Mir ist folgendes aufgefallen, das ich nicht verstehe:

Wenn ich "emerge --update --deep world" ausführe, um die jeweils aktuellsten aller installierten Pakete zu installieren, dann klappt alles wunderbar.

Nachdem Portage hiermit fertig ist, und wenn ich _ohne_ "emerge --sync" auszuführen nochmal "emerge --update --deep world" ausführe, möchte Portage erneut die zuvor aktualisierten Pakete installieren.

Kann mir jemand erklären wieso? Meines Verständnisses nach sollten nach einmaligem ausführen doch alle aktuellen Pakete installiert worden sein. Selbst wenn es inzwischen X Aktualisierungen im Portage-Tree gäbe, sollte mein lokales System ohne abholen desselbigen ("emerge --sync") doch hiervon garnichts mitbekommen, oder? Auch USE FLags oder ähnliches wurden nicht verändert.

Vielen Dank schonmal.

----------

## Josef.95

Hm.. ungewöhnlich...

Magst du das mal an einem Beispiel Paket demonstrieren?!

----------

## Necoro

Und bitte auch dazu die Portage-Version angeben (bzw gleich ein emerge --info)

----------

## Whitewolf Fox

Hallo zusammen,

sorry, das scheint sich inzwischen selbst erledigt zu haben ... konnte es letzte Woche mehrfach nachstellen - nun nicht mehr.

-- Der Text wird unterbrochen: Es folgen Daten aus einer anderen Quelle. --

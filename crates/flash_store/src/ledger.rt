// The journal of sales for programs in C: a record appended, and the takings.
ghost use Rattle.std.specs.Prelude.{◌≡◌, length};
ghost use Rattle.chip_array.specs.Device.{setting};
ghost use Rattle.c_buffers.specs.Buffers.{geometry_of, lent, handed, PassedOn};
ghost use Rattle.flash_store.specs.Ledger.{sale_of, append_result, takings_result, told_handed, appending_lent, takings_lent};

use crate::BAD_BUFFER;
use geometry::Geometry;
use journal::Sale;

// Appends a record, and writes the number that it got. c/flash_store.h says what is lent.
#[unsafe(no_mangle)]
pub extern "C" fn flash_store_append(
    main: usize,
    spare: usize,
    pages: usize,
    blocks: usize,
    logical: usize,
    state: &mut [u8],
    interface: &mut [usize],
    array: &mut [u8],
    register: &mut [u8],
    history: &mut [u8],
    mask: &[u8],
    fates: &[u32],
    allowed: u32,
    sent: &mut [usize],
    selection: u8,
    count: u16,
    price: u32,
    replaces: u16,
    number: &mut [usize],
) -> usize
    ensures number_after { told_handed (handed result (lent state.new interface.new array.new register.new history.new sent.new)) number.new ≡ appending_lent (setting (geometry_of main spare pages blocks logical) mask.now fates.now) (lent state.old interface.old array.old register.old history.old sent.old) allowed (sale_of selection count price replaces) number.old }
    ensures passed_on { length number.old ≡ 1 → PassedOn (lent state.old interface.old array.old register.old history.old sent.old) (append_result (setting (geometry_of main spare pages blocks logical) mask.now fates.now) (lent state.old interface.old array.old register.old history.old sent.old) allowed (sale_of selection count price replaces)).returned state.new }
{
    if !c_buffers::is_lent_rightly(state.len(), interface.len(), sent.len()) {
        return BAD_BUFFER;
    }
    if number.len() != 1 {
        return BAD_BUFFER;
    }
    let g = Geometry {
        main,
        spare,
        pages,
        blocks,
        logical,
    };
    let sale = Sale {
        selection,
        count,
        price,
        replaces,
    };
    let before = c_open::state_of(state);
    let write = c_open::write_of(state);
    let start = c_buffers::interface_of(interface);
    let opened = write.opened;
    if opened != 0 {
        let held = c_buffers::held(
            before,
            write,
            state,
            g,
            array.len(),
            register.len(),
            history.len(),
            mask.len(),
            true,
        );
        number[0] = 0;
        return c_buffers::refuse(held, before, write, start, state, interface, sent);
    }
    let entered = journal_requests::append(
        before, g, start, array, register, history, mask, fates, allowed, sale,
    );
    number[0] = entered.number;
    let returned = entered.returned;
    let gone = open_write::is_stopping(returned.answer);
    c_buffers::hand_back(returned, write, gone, state, interface, sent)
}

// Writes the takings: the sum of count times price over the records in force, in cents.
#[unsafe(no_mangle)]
pub extern "C" fn flash_store_takings(
    main: usize,
    spare: usize,
    pages: usize,
    blocks: usize,
    logical: usize,
    state: &mut [u8],
    interface: &mut [usize],
    array: &mut [u8],
    register: &mut [u8],
    history: &mut [u8],
    mask: &[u8],
    fates: &[u32],
    allowed: u32,
    sent: &mut [usize],
    takings: &mut [u64],
) -> usize
    ensures takings_after { told_handed (handed result (lent state.new interface.new array.new register.new history.new sent.new)) takings.new ≡ takings_lent (setting (geometry_of main spare pages blocks logical) mask.now fates.now) (lent state.old interface.old array.old register.old history.old sent.old) allowed takings.old }
    ensures passed_on { length takings.old ≡ 1 → PassedOn (lent state.old interface.old array.old register.old history.old sent.old) (takings_result (setting (geometry_of main spare pages blocks logical) mask.now fates.now) (lent state.old interface.old array.old register.old history.old sent.old) allowed).returned state.new }
{
    if !c_buffers::is_lent_rightly(state.len(), interface.len(), sent.len()) {
        return BAD_BUFFER;
    }
    if takings.len() != 1 {
        return BAD_BUFFER;
    }
    let g = Geometry {
        main,
        spare,
        pages,
        blocks,
        logical,
    };
    let before = c_open::state_of(state);
    let write = c_open::write_of(state);
    let start = c_buffers::interface_of(interface);
    if !c_open::is_inside(write, state, g) {
        let held = c_buffers::held(
            before,
            write,
            state,
            g,
            array.len(),
            register.len(),
            history.len(),
            mask.len(),
            false,
        );
        takings[0] = 0;
        return c_buffers::refuse(held, before, write, start, state, interface, sent);
    }
    let total = journal_requests::takings(
        before, g, start, array, register, history, mask, fates, allowed,
    );
    takings[0] = total.takings;
    let returned = total.returned;
    let gone = open_write::is_stopping(returned.answer);
    c_buffers::hand_back(returned, write, gone, state, interface, sent)
}
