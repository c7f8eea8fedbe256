// Price rules for programs in C: the check of a table, and the price of a selection. c/price_rules.h says what is lent.
ghost use Rattle.std.specs.Prelude.{◌≡◌};
ghost use Rattle.c_prices.specs.Prices.{written, checking_lent, pricing_lent};

// Checks a table, and writes the smallest selection at fault.
#[unsafe(no_mangle)]
pub extern "C" fn price_rules_check(
    first: &[u8],
    last: &[u8],
    price: &[u32],
    fault: &mut [usize],
) -> usize
    ensures { written result fault.new ≡ checking_lent first.now last.now price.now fault.old }
{
    c_prices::check(first, last, price, fault)
}

// Writes the price of a selection, in a table that the check accepts.
#[unsafe(no_mangle)]
pub extern "C" fn price_rules_price(
    first: &[u8],
    last: &[u8],
    price: &[u32],
    selection: usize,
    found: &mut [u32],
) -> usize
    ensures { written result found.new ≡ pricing_lent first.now last.now price.now selection found.old }
{
    c_prices::price_of(first, last, price, selection, found)
}
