// The draws of the test load for programs in C.
ghost use Rattle.std.specs.Prelude.{◌≡◌};
ghost use Rattle.test_load.specs.Draws.{drawn};

// The draw after another, the first after the seed.
#[unsafe(no_mangle)]
pub extern "C" fn test_load_draw(last: u32) -> u32
    ensures { result ≡ drawn last }
{
    test_load::draw(last)
}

Ich habe einmal den aktuellen Portage - Tree geholt, "emerge --update --deep world" ausgeführt, durchlaufen lassen und bei einem zweiten Aufruf kam nichts mehr.

Vielen Dank!

----------

## cyril_sneer

Idee: Kann es sein, dass, als der Fehler auftrat, emerge nicht sauber durchgelaufen ist, und somit die Pakete gar nicht aktualisiert wurden?

----------

## Whitewolf Fox

Ich kann dem Log weder das eine noch das andere entnehmen ...  :Razz: 

Naja: Hauptsache ich habe doch verstanden wie Portage sich hier verhält  :Wink: 

----------